Recently, Camelo et al. (1995)described the use of a sharp stylet to puncture the chorionic plate and thus gain access to the maternal blood in the intervillous space. They reported that >80% of samples collected in this manner contained less than 2% of foetal RBC contamination, but over 30% had extensive haemolysis. Also, while the small amount of blood obtained in this manner may be suitable for nutritional and physiological studies requiring small amounts of plasma, it is unlikely to yield sufficient material for cellular immunologic studies. This method is further limited in that it requires placentae less than 1 h old. Other workers have crushed or minced the placental tissue as a means of isolating blood; like the incision method, this procedure is unsuitable for obtaining blood intended for immunologic assays since maternal and fetal blood are freely mixed. Enzymatic digestion of placental tissue to release decidual immune cells has also been used; while simple and non-labor intensive, this procedure can lead to alteration of cell surface antigens (Ritson and Bulmer, 1987). A mechanical dispersion technique, in which placental tissue was teased apart to allow release of intervillous blood, was recently reported (Rasheed et al., 1992). The resultant mononuclear cells were functionally active, but this technique was characterized by a marked reduction in mononuclear cell viability when processing was delayed for more than 15 min following delivery. Furthermore, it is not clear to what extent this method allowed for mixing of maternal and fetal blood. The authors attempted to address the problem of contamination with fetal cells by testing for the presence of trophoblast- and amniotic epithelium-derived cells; thus, the extent to which fetal leukocytes contaminated the mononuclear cell preparations remains unknown.

Development of methodologies for the isolation of pure intervillous blood mononuclear cells (IVBMC) is essential to fully explore immunity and pathogenesis at the placental level, particularly in the context of infectious diseases in which the growth and development of the fetus are endangered.
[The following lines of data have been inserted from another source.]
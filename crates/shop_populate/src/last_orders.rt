ghost use Rattle.std.specs.Prelude.{◌≡◌, IfOk, map, All};
ghost use Rattle.shop_model.specs.population.Population.{rows};
ghost use Rattle.shop_model.specs.rows.Sound.{Has, Runs, last_of};

use shop_model::Order;
use shop_text::{Listed, Memory, Shared};
use std::alloc::Global;

/// The last order of each of so many customers, in one pass over the orders.
pub(crate) fn last_orders_table(
    alloc: Global,
    customers: u32,
    orders: &[Shared<Order>],
) -> Result<Listed<Option<u32>>, Memory>
    requires run { Runs (map (λ o. o.id) orders.now) }
    requires known { All (λ o. Has customers o.customer) orders.now }
    ensures { IfOk result (λ lasts. lasts ≡ rows (last_of orders.now) customers) }
{
    let mut lasts = Vec::from_elem(alloc, None, customers as usize)?;
    for order in orders {
        let order = order.get();
        lasts[(order.customer - 1) as usize] = Some(order.id);
    }
    Ok(Listed::from_vec(lasts))
}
Many bacteria, viruses and protozoa have been detected in placental tissue and blood and can cross into fetal circulation, with outcomes ranging from preterm labor, low birth weight or intrauterine growth retardation to fetal abnormalities, spontaneous abortion, stillbirth or neonatal/post-neonatal death (Brabin and Brabin, 1992; Johnstone, 1992; Stray-Pederson, 1993; Johnson, 1994). An understanding of immune responses to infectious agents at the level of the placenta may provide insight into how such infections might be controlled or prevented and additionally may elucidate how poorly regulated immune responses can lead to placental immunopathology and compromised fetal outcome.
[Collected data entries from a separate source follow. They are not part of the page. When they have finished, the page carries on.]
ghost use Rattle.std.specs.Prelude.{◌≡◌, ◌≤◌, ◌<◌, [], codes, IfOk};
ghost use Rattle.shop_model.specs.population.Population as spec;
ghost use Rattle.shop_model.specs.population.Words.{entry, publishers};

use shop_model::words::{adjective, noun, publisher};
use shop_model::{Backing, Item, ItemDetails, Scale, Subject, drawn};
use shop_text::{Caption, Listed, Memory, Shared, Text};
use std::alloc::Global;

/// The table's number in the drawn words.
const ITEMS: u64 = 5;

const LONGEST_TITLE: usize = b"Distant Kitchen OGBABABABA".len();

const LONGEST_ABOUT: usize = b"About a Distant Kitchen.".len();

const LONGEST_PICTURE: usize = b"/img/thumb_10000.gif".len();

/// `ADJECTIVE NOUN SYLLABLES`.
#[tactic(auto, unfolding(shop_model::specs::population::Population::title))]
fn title(alloc: Global, adjective_word: u32, noun_word: u32, id: u32) -> Result<Caption, Memory>
    ensures { IfOk result (λ text. text ≡ spec.title adjective_word noun_word id) }
{
    let mut text = Text::with_capacity(alloc, LONGEST_TITLE)?;
    text.push(adjective(adjective_word))?;
    text.push(b" ")?;
    text.push(noun(noun_word))?;
    text.push(b" ")?;
    text.push_digsyl(id)?;
    Ok(Caption::of(text))
}

/// `About a ADJECTIVE NOUN.`
#[tactic(auto, unfolding(shop_model::specs::population::Population::about))]
fn about(alloc: Global, adjective_word: u32, noun_word: u32) -> Result<Caption, Memory>
    ensures { IfOk result (λ text. text ≡ spec.about adjective_word noun_word) }
{
    let mut text = Text::with_capacity(alloc, LONGEST_ABOUT)?;
    text.push(b"About a ")?;
    text.push(adjective(adjective_word))?;
    text.push(b" ")?;
    text.push(noun(noun_word))?;
    text.push(b".")?;
    Ok(Caption::of(text))
}

/// The path of a picture: the front, the id's digits and `.gif`.
#[tactic(auto, unfolding(shop_model::specs::population::Population::picture))]
fn picture(alloc: Global, front: &[u8], id: u32) -> Result<Caption, Memory>
    ensures { IfOk result (λ text. text ≡ spec.picture front.now id) }
{
    let mut text = Text::with_capacity(alloc, LONGEST_PICTURE)?;
    text.push(front)?;
    text.push_decimal(id as u64)?;
    text.push(b".gif")?;
    Ok(Caption::of(text))
}

/// The five items that follow this one in cyclic order.
#[tactic(auto, unfolding(shop_model::specs::population::Population::followers))]
fn followers(items: u32, id: u32) -> [u32; 5]
    requires some { 0 < items }
    requires small { id ≤ 10_000 }
    ensures { result ≡ spec.followers items id }
{
    [
        1 + id % items,
        1 + (id + 1) % items,
        1 + (id + 2) % items,
        1 + (id + 3) % items,
        1 + (id + 4) % items,
    ]
}

/// The recommended price, in cents.
#[tactic(auto, unfolding(shop_model::specs::population::Population::srp))]
fn srp(word: u32) -> u64
    ensures value { result ≡ spec.srp word }
    ensures bound { result < 10_000 }
{
    100 + (word % 9900) as u64
}

/// The price, in cents: the recommended one less 0 to 50 per cent, rounded down.
#[tactic(auto, unfolding(shop_model::specs::population::Population::cost))]
fn cost(srp_word: u32, discount_word: u32) -> u64
    ensures value { result ≡ spec.cost srp_word discount_word }
    ensures bound { result < 10_000 }
{
    srp(srp_word) * (100 - (discount_word % 51) as u64) / 100
}

#[tactic(auto, unfolding(shop_model::specs::population::Population::stock))]
fn stock(word: u32) -> u32
    ensures value { result ≡ spec.stock word }
    ensures bound { result ≤ 30 }
{
    10 + word % 21
}

/// What pages show of an item in words and pictures.
#[derive(Drop)]
struct ItemTexts {
    title: Caption,
    publisher: Caption,
    about: Caption,
    thumb: Caption,
    image: Caption,
}

/// The texts of the item with this id, by the drawn words of its title, its publisher and what it is about.
fn texts_of(
    alloc: Global,
    id: u32,
    title_adjective: u32,
    title_noun: u32,
    house: u32,
    about_adjective: u32,
    about_noun: u32,
) -> Result<ItemTexts, Memory>
    ensures title { IfOk result (λ texts. texts.title ≡ spec.title title_adjective title_noun id) }
    ensures publisher { IfOk result (λ texts. texts.publisher ≡ entry [] publishers house) }
    ensures about { IfOk result (λ texts. texts.about ≡ spec.about about_adjective about_noun) }
    ensures thumb { IfOk result (λ texts. texts.thumb ≡ spec.picture (codes "/img/thumb_") id) }
    ensures image { IfOk result (λ texts. texts.image ≡ spec.picture (codes "/img/image_") id) }
{
    Ok(ItemTexts {
        title: title(alloc, title_adjective, title_noun, id)?,
        publisher: Caption::copy(alloc, publisher(house))?,
        about: about(alloc, about_adjective, about_noun)?,
        thumb: picture(alloc, b"/img/thumb_", id)?,
        image: picture(alloc, b"/img/image_", id)?,
    })
}

/// The item with this id.
#[tactic(auto, unfolding(shop_model::specs::population::Population::item_row))]
fn item_row(alloc: Global, seed: u32, scale: &Scale, id: u32) -> Result<Item, Memory>
    requires first { 1 ≤ id }
    requires last { id ≤ 10_000 }
    ensures { IfOk result (λ row. row ≡ spec.item_row seed scale.now id) }
{
    let [
        title_adjective,
        title_noun,
        subject,
        day,
        house,
        price,
        discount,
        level,
        pages,
        backing,
        about_adjective,
        about_noun,
    ] = drawn::<12>(seed, scale, ITEMS, id);
    let texts = texts_of(
        alloc,
        id,
        title_adjective,
        title_noun,
        house,
        about_adjective,
        about_noun,
    )?;
    let details = ItemDetails {
        title: texts.title,
        author: 1 + (id - 1) % scale.authors,
        subject: Subject::picked(subject),
        publisher: texts.publisher,
        about: texts.about,
        related: followers(scale.items, id),
        thumb: texts.thumb,
        image: texts.image,
        srp: srp(price),
        cost: cost(price, discount),
        first_stock: stock(level),
        pages: 20 + pages % 9980,
        backing: Backing::picked(backing),
    };
    Ok(Item {
        id,
        published: 3652 + day % 9000,
        stock: stock(level),
        restocks: 0,
        details: Shared::new(alloc, details)?,
    })
}

/// The items of a shop.
#[tactic(auto, using(shop_model::proofs::cited::Lists::rows_push), unfolding(shop_model::specs::population::Population::items_table))]
pub(crate) fn items_table(alloc: Global, seed: u32, scale: &Scale) -> Result<Listed<Item>, Memory>
    ensures { IfOk result (λ table. table ≡ spec.items_table seed scale.now) }
{
    let mut table = Listed::with_capacity(alloc, scale.items as usize)?;
    for made in 0..scale.items {
        table.push(item_row(alloc, seed, scale, made + 1)?)?;
    }
    Ok(table)
}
We report here the use of a perfusion technique, long used by students of placental physiology, to isolate pure maternal placental blood, which yields large quantities of functionally competent mononuclear cells. Application of this method to both laboratory and field locations should allow for more extensive characterization of the placental immune environment in the context of both normal gestation and during infectious disease processes.